» Activity
Take every line containing "CourseAs" out of the records.

Saved data entries

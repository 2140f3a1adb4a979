//! What is kept of one name, and by the order in which its parts come.

ghost use Rattle.std.specs.Prelude.{◌≡◌, ◌≤◌, ◌==◌, Bool, Option, Some, length, IfOk, false};
ghost use Rattle.std.specs.Option.{option_map};
ghost use Rattle.lpt_packet.specs.Sizes.{longest_packet};
ghost use Rattle.lpt_layout.specs.Parts.{piece};
ghost use Rattle.lpt_carried.specs.declared.reading.Reading.{Reading};
ghost use Rattle.lpt_layout_join.specs.Came.{Came};
ghost use Rattle.lpt_layout_join.specs.CameInside.{Shows};
ghost use Rattle.lpt_layout_each.specs.Eaches as each;
ghost use Rattle.lpt_layout_each.specs.Helds.{Follows, Holds, IsRun, ShowsSome, Steps};
ghost use Rattle.lpt_layout_each.specs.Told.{news_of};

use crate::NewsAs;
use crate::held::HeldAs;
use crate::run::{RunAs, RunTurnAs};
use lpt_carried::Reading;
use lpt_layout::{Octets, PartAs};
use lpt_layout_join::{CameAs, unfit};
use std::alloc::{AllocError, Global};
use std::mem;

/// What is kept of one name.
#[derive(Drop)]
pub(crate) struct CourseAs {
    // The last message, and what came behind it in any order.
    pub(crate) held: HeldAs,
    // What came in the order of its numbers.
    pub(crate) run: RunAs,
    // Whether nothing else came behind the last message: its parts are the rest of what is held, and
    // are kept nowhere else.
    pub(crate) alone: bool,
    // Whether some of what came behind the last message came before that.
    pub(crate) stale: bool,
    // Whether a message was given out since that began.
    pub(crate) gave: bool,
}

impl CourseAs {
    // Nothing came behind this message.
    pub(crate) fn behind(alloc: Global, last: Option<CameAs>) -> CourseAs
        ensures { (l : Option Came) → ShowsSome l last → Follows (each.fresh l) result }
    {
        CourseAs {
            held: HeldAs::behind(alloc, last),
            run: RunAs::none(alloc),
            alone: true,
            stale: false,
            gave: false,
        }
    }

    // What is left.
    pub(crate) fn into_new(self) -> CameAs
        ensures { result ≡ self.held.rest }
    {
        self.held.into_new()
    }

    // Takes a part of the name, at this place, up to which so many counts are missing, and gives
    // what is told of it. The only error is out of memory.
    pub(crate) fn take(
        &mut self,
        alloc: Global,
        reading: &Reading,
        any: bool,
        missing: u64,
        place: u64,
        part: &PartAs<'_>,
    ) -> Result<Option<NewsAs>, AllocError>
        requires number { 1 ≤ part.now.number }
        requires short { length part.now.octets.now ≤ longest_packet }
        ensures { (c : each.Course) → Follows c self.old → IfOk result (λ news.
            Steps (self.new, news) (each.step reading.now any missing c (piece part.now))) }
    {
        if self.goes_on_alone(part) {
            return self.add_alone(alloc, reading, any, missing, place, part);
        }
        self.spread(alloc)?;
        self.take_apart(alloc, reading, any, missing, place, part)
    }

    // Takes a part of a name of which others came too. The only error is out of memory.
    fn take_apart(
        &mut self,
        alloc: Global,
        reading: &Reading,
        any: bool,
        missing: u64,
        place: u64,
        part: &PartAs<'_>,
    ) -> Result<Option<NewsAs>, AllocError>
        requires number { 1 ≤ part.now.number }
        requires short { length part.now.octets.now ≤ longest_packet }
        requires apart { self.old.alone ≡ false }
        ensures { (c : each.Course) → Follows c self.old → IfOk result (λ news.
            Steps (self.new, news) (each.step reading.now any missing c (piece part.now))) }
    {
        match self.run.take(alloc, missing, part)? {
            RunTurnAs::Goes => self.go_on(alloc, reading, any, true, place, part),
            RunTurnAs::Ends(message, sure) => {
                let run = mem::replace(&mut self.run, RunAs::none(alloc));
                match unfit(reading, any, sure, message.as_slice()) {
                    None => self.end_by(alloc, reading, any, (run.came, message), place, part),
                    Some(_) => self.go_on(alloc, reading, any, false, place, part),
                }
            }
        }
    }

    // Takes a part with which no message is given out whose parts came in their order. The only
    // error is out of memory.
    fn go_on(
        &mut self,
        alloc: Global,
        reading: &Reading,
        any: bool,
        again: bool,
        place: u64,
        part: &PartAs<'_>,
    ) -> Result<Option<NewsAs>, AllocError>
        requires number { 1 ≤ part.now.number }
        requires short { length part.now.octets.now ≤ longest_packet }
        requires apart { self.old.alone ≡ false }
        ensures { (c : each.Course) → Follows c self.old → IfOk result (λ news.
            Steps (self.new, news) (each.go_on reading.now any again c (piece part.now))) }
    {
        let stale = staleness(&self.held, self.stale, part.number);
        let gave = since(self.gave, part.number);
        let news = self.held.take(alloc, reading, any, again, place, part)?;
        self.note(stale, gave, &news);
        Ok(news)
    }

    // Notes what was told: of that no new part is left that came before the run.
    fn note(&mut self, stale: bool, gave: bool, news: &Option<NewsAs>)
        ensures { (h : each.Held) (r : each.Run) → Holds h self.old.held → IsRun r self.old.run
            → self.old.alone ≡ false
            → Follows (each.course_by r stale gave h (option_map news_of news.now)) self.new }
    {
        match news {
            None => {
                self.stale = stale;
                self.gave = gave;
            }
            Some(told) => {
                self.stale = false;
                self.gave = gave || is_given(told);
            }
        }
    }

    // Takes a part with which parts are joined to this message that came in their order, if it
    // may be given out: it is, if it wasn't yet. The only error is out of memory.
    fn end_by(
        &mut self,
        alloc: Global,
        reading: &Reading,
        any: bool,
        whole: (CameAs, Octets),
        place: u64,
        part: &PartAs<'_>,
    ) -> Result<Option<NewsAs>, AllocError>
        requires number { 1 ≤ part.now.number }
        requires short { length part.now.octets.now ≤ longest_packet }
        requires apart { self.old.alone ≡ false }
        ensures { (c : each.Course) (d : Came) → Follows c self.old → Shows d whole.0
            → IfOk result (λ news. Steps (self.new, news)
            (each.end_by reading.now any c (piece part.now) d whole.1
            (each.repeats c part.now.number whole.1))) }
    {
        let (came, message) = whole;
        if self.repeats(alloc, part.number, &message)? {
            return self.go_on(alloc, reading, any, false, place, part);
        }
        let held = mem::replace(&mut self.held, HeldAs::behind(alloc, None));
        let news = overtake(held, self.stale, message, &came);
        *self = CourseAs::behind(alloc, Some(came));
        Ok(Some(news))
    }

    // Whether this is the last message, and was given out since its parts began, of which one of
    // this number came. The only error is out of memory.
    fn repeats(&self, alloc: Global, number: u32, message: &Octets) -> Result<bool, AllocError>
        ensures { (c : each.Course) → Follows c self.now → IfOk result (λ b.
            b ≡ each.repeats c number message.now) }
    {
        if !since(self.gave, number) {
            return Ok(false);
        }
        self.held.is_last(alloc, message)
    }
}

// Whether some of the new parts came before the run does, with a part of this number.
fn staleness(held: &HeldAs, stale: bool, number: u32) -> bool
    ensures { (c : each.Course) → Holds c.held held.now → stale ≡ c.stale
        → result ≡ each.staleness c number }
{
    if number == 1 {
        return !held.is_empty();
    }
    stale
}

// Whether a message was given out since the run began, with a part of this number.
fn since(gave: bool, number: u32) -> bool
    ensures { (c : each.Course) → gave ≡ c.gave → result ≡ each.gave_before c number }
{
    if number != 1 {
        return gave;
    }
    false
}

// Whether this tells of a message.
fn is_given(news: &NewsAs) -> bool
    ensures { result ≡ each.is_given (Some (news_of news.now)) }
{
    match news {
        NewsAs::Given(_) => true,
        NewsAs::Dropped(_) => false,
        NewsAs::Unfit(_) => false,
        NewsAs::Overtaken(_, _) => true,
    }
}

// What is told of it, whose parts are these.
fn overtake(held: HeldAs, stale: bool, message: Octets, whole: &CameAs) -> NewsAs
    ensures { (c : each.Course) (d : Came) → Holds c.held held → stale ≡ c.stale
        → Shows d whole.now
        → news_of result ≡ each.told_in_order (each.are_own c d) c.held.new message }
{
    if !stale || held.rest.are_of(whole) {
        return NewsAs::Given(message);
    }
    NewsAs::Overtaken(held.into_new(), message)
}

» Your response
pub(crate) struct CourseAs {
impl CourseAs {
    pub(crate) fn behind(alloc: Global, last: Option<CameAs>) -> CourseAs
        CourseAs {
        *self = CourseAs::behind(alloc, Some(came));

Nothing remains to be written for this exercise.